Tom Cross KC’s review of the legislation comes as the government is expected to publish the impact assessment of the bill, which is due to have its final stages debated in the Commons on 16 May.
Mr Cross, who is one of the counsel for the Equality and Human Rights Commission, and fellow barrister Ruth Kennedy have warned that the bill breaches Article 14 of the ECHR - the provision that everyone’s rights are protected equally - and would unfairly discriminate people with conditions such as autism, bipolar disorder and depression.

However, allies of Kim Leadbeater, who brought forward the bill, have dismissed the claims, pointing out that the legislation has been carefully looked at by government lawyers.
A source close to Ms Leadbeater told The Independent: “They’re wrong. I can’t share government legal advice but it goes without saying that lawyers have examined the bill in minute detail and would have flagged any possible ECHR issues.”
The legal advice was commissioned by The Christian Institute, one of a number of charities and campaign groups looking at potentially going to the courts to prevent the bill coming into law if it is passed by Parliament.

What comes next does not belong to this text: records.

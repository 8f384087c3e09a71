//! What lies under the lock.

ghost use Rattle.std.specs.Prelude.{◌≡◌, ◌↔◌, IsTrue, IfOk, OnErr};
ghost use Rattle.std.specs.Option.{is_some};
ghost use Rattle.store_step.specs.master.Shown.{IsShown, NeedsMemory};
ghost use Rattle.store_step.specs.master.World.{limited_world, world};
ghost use Rattle.locked_log.specs.Held.{Held, held};
ghost use Rattle.store_seat.specs.Accounts.{Knows};
ghost use Rattle.locked_log.specs.States.{IsState};

use entry::NoMemory;
use history_row::Row;
use replica::{Bench, Fleet};
use std::alloc::Global;
use std::marker::Model;
use std::sync::ledger::Book;
use store_seat::{Account, Naming, Seat, is_known};
use store_step::master::{Look, Master, Shown};

/// The master with the book of the seats, the ledger's book and the row of its records' cells.
#[derive(Drop)]
pub struct State<F: Fleet, B: Naming> {
    pub(crate) alloc: Global,
    pub(crate) master: Master<F>,
    pub(crate) book: Vec<Account>,
    pub(crate) total: Book<B>,
    pub(crate) row: Row<B>,
    /// Whether some cell did not take its record, or the book's numbers of a seat weren't the seat's own after its
    /// record.
    pub(crate) is_refused: bool,
}

impl<F: Fleet, B: Naming> Model for State<F, B> {
    ghost use Rattle.store_step.specs.master.World.{world};
    ghost use Rattle.locked_log.specs.Held.{StateValue};
    ghost use Rattle.locked_log.specs.States.{IsState};

    ghost Value = { StateValue F };

    ghost view = { λ s. record {
      master = s.master;
      book = s.book.items;
      total = s.total.total;
      start = B.start;
      row = s.row;
      is_refused = s.is_refused;
    } };

    ghost invariant = { λ s. IsState (record {
      world = world F.state s.master;
      book = s.book.items;
      total = s.total.total;
      start = B.start;
      row = s.row;
      is_refused = s.is_refused;
    }) B.made };
}

impl<F: Fleet, B: Naming> State<F, B> {
    /// Shows what is true whenever the lock is free. The master is valid: its history is legal, memory and the
    /// replicas hold its map, and whichever backups are left, they hold a prefix with each durable record. Up to a cell
    /// that refused its record the row is the records that were made since the store was, each account counts those of
    /// its seat, and the ledger's total is how many they are.
    pub fn show_valid(&self)
        ensures { IsState (held F.state self.now) B.made }
    {
        let _is_refused = self.is_refused;
    }

    /// Whether the book's numbers of the seat are the seat's own.
    pub(crate) fn knows(&self, seat: &Seat<B>) -> bool
        ensures { IsTrue result ↔ Knows self.now.book seat.now }
    {
        is_known(&self.book, seat)
    }

    /// Whether a pass is open. It takes no memory.
    pub fn has_pass_held(&self) -> bool
        ensures { result ≡ is_some self.now.master.knows.pass }
    {
        self.master.has_pass()
    }

    /// Shows what the look asks for. Nothing changes. Only want of memory refuses it.
    pub fn look_held(&self, look: Look) -> Result<Shown, NoMemory>
        ensures shown { IfOk result (λ shown. IsShown (world F.state self.now.master) look shown) }
        ensures refused { OnErr result (NeedsMemory self.now.master.knows look) }
    {
        self.master.look(look)
    }
}

impl<F: Bench, B: Naming> State<F, B> {
    /// Lets the fleet take `n` more ops, and then no more.
    pub fn limit_held(&mut self, n: u64)
        ensures limited { held F.Fleet.state self.new ≡ record (held F.Fleet.state self.old) {
          world = limited_world (held F.Fleet.state self.old).world n;
        } }
    {
        self.master.limit(n)
    }

    /// Asks the fleet for a fault in the `n`-th take from now. `taken` says whether its op is taken. With 0 no fault
    /// comes.
    pub fn fault_held(&mut self, n: u64, taken: bool)
        ensures { held F.Fleet.state self.new ≡ held F.Fleet.state self.old }
    {
        self.master.fault_at(n, taken)
    }
}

It follows a testy committee stage in the House of Commons where scores of amendments put in by MPs opposed to the bill to add further safeguards were rejected.
Ms Leadbeater has pointed out that she accepted 32 of the 393 amendments from MPs who were opposed to the Bill.
But the row saw another Labour MP Naz Shah, who had originally intended to support the bill, warn that it is “fundamentally flawed”.
The main debate appears to focus on whether some people with conditions and disabilities are more vulnerable to coercion to end their lives.
In a detailed legal opinion, Mr Cross and Ms Kennedy say: “Persons with disabilities of the above sort are in a significantly different situation from persons who do not have such disabilities, because they are - all else being equal - more likely to express the clear and settled wish to die required under the legislation to be eligible to be assisted to die.
“They are on that basis more vulnerable both than persons whose disabilities are not of that sort and than persons who are not disabled at all. Accordingly, they are on well-established principles required to be treated differently under Article 14 [non-discrimination] unless there is justification not to do so. However, without justification, the legislation fails to provide an adequate safeguard to address that greater vulnerability.”

They went on: “In our opinion, this failure to treat these different cases differently in the enjoyment of the right to life is in breach of the ECHR.
“We consider that, on that basis, an application for judicial review in respect of the legislation once enacted could be brought to obtain a Declaration of Incompatibility under the Human Rights Act 1998 (HRA); and a person or body falling within the concept of a ‘victim’ for ECHR purposes could bring a complaint about the legislation in the European Court of Human Rights (ECtHR).”
Simon Calvert, deputy director at The Christian Institute, said the legal advice should make MPs think again about backing the legislation.
In the second reading of the bill, Ms Leadbeater and her supporters won a clear majority of 55 by 330 to 275.
However, up to 140 MPs could change their mind with some saying they voted in favour to extend the debate and others indicating their support was provisional to the original intention that a judge would make the final decision in court on an application to die. This has since been replaced with an expert panel through an amendment brought by Ms Leadbeater.
Mr Calvert said: “It's time that MPs gave up on this dangerous and discriminatory Bill and focused instead on improving healthcare and end-of-life care for everyone. If the many hours wasted on debating assisted suicide had been spent on debating how to improve palliative care, we’d be in a much better position, offering people life and hope instead of death and despair.”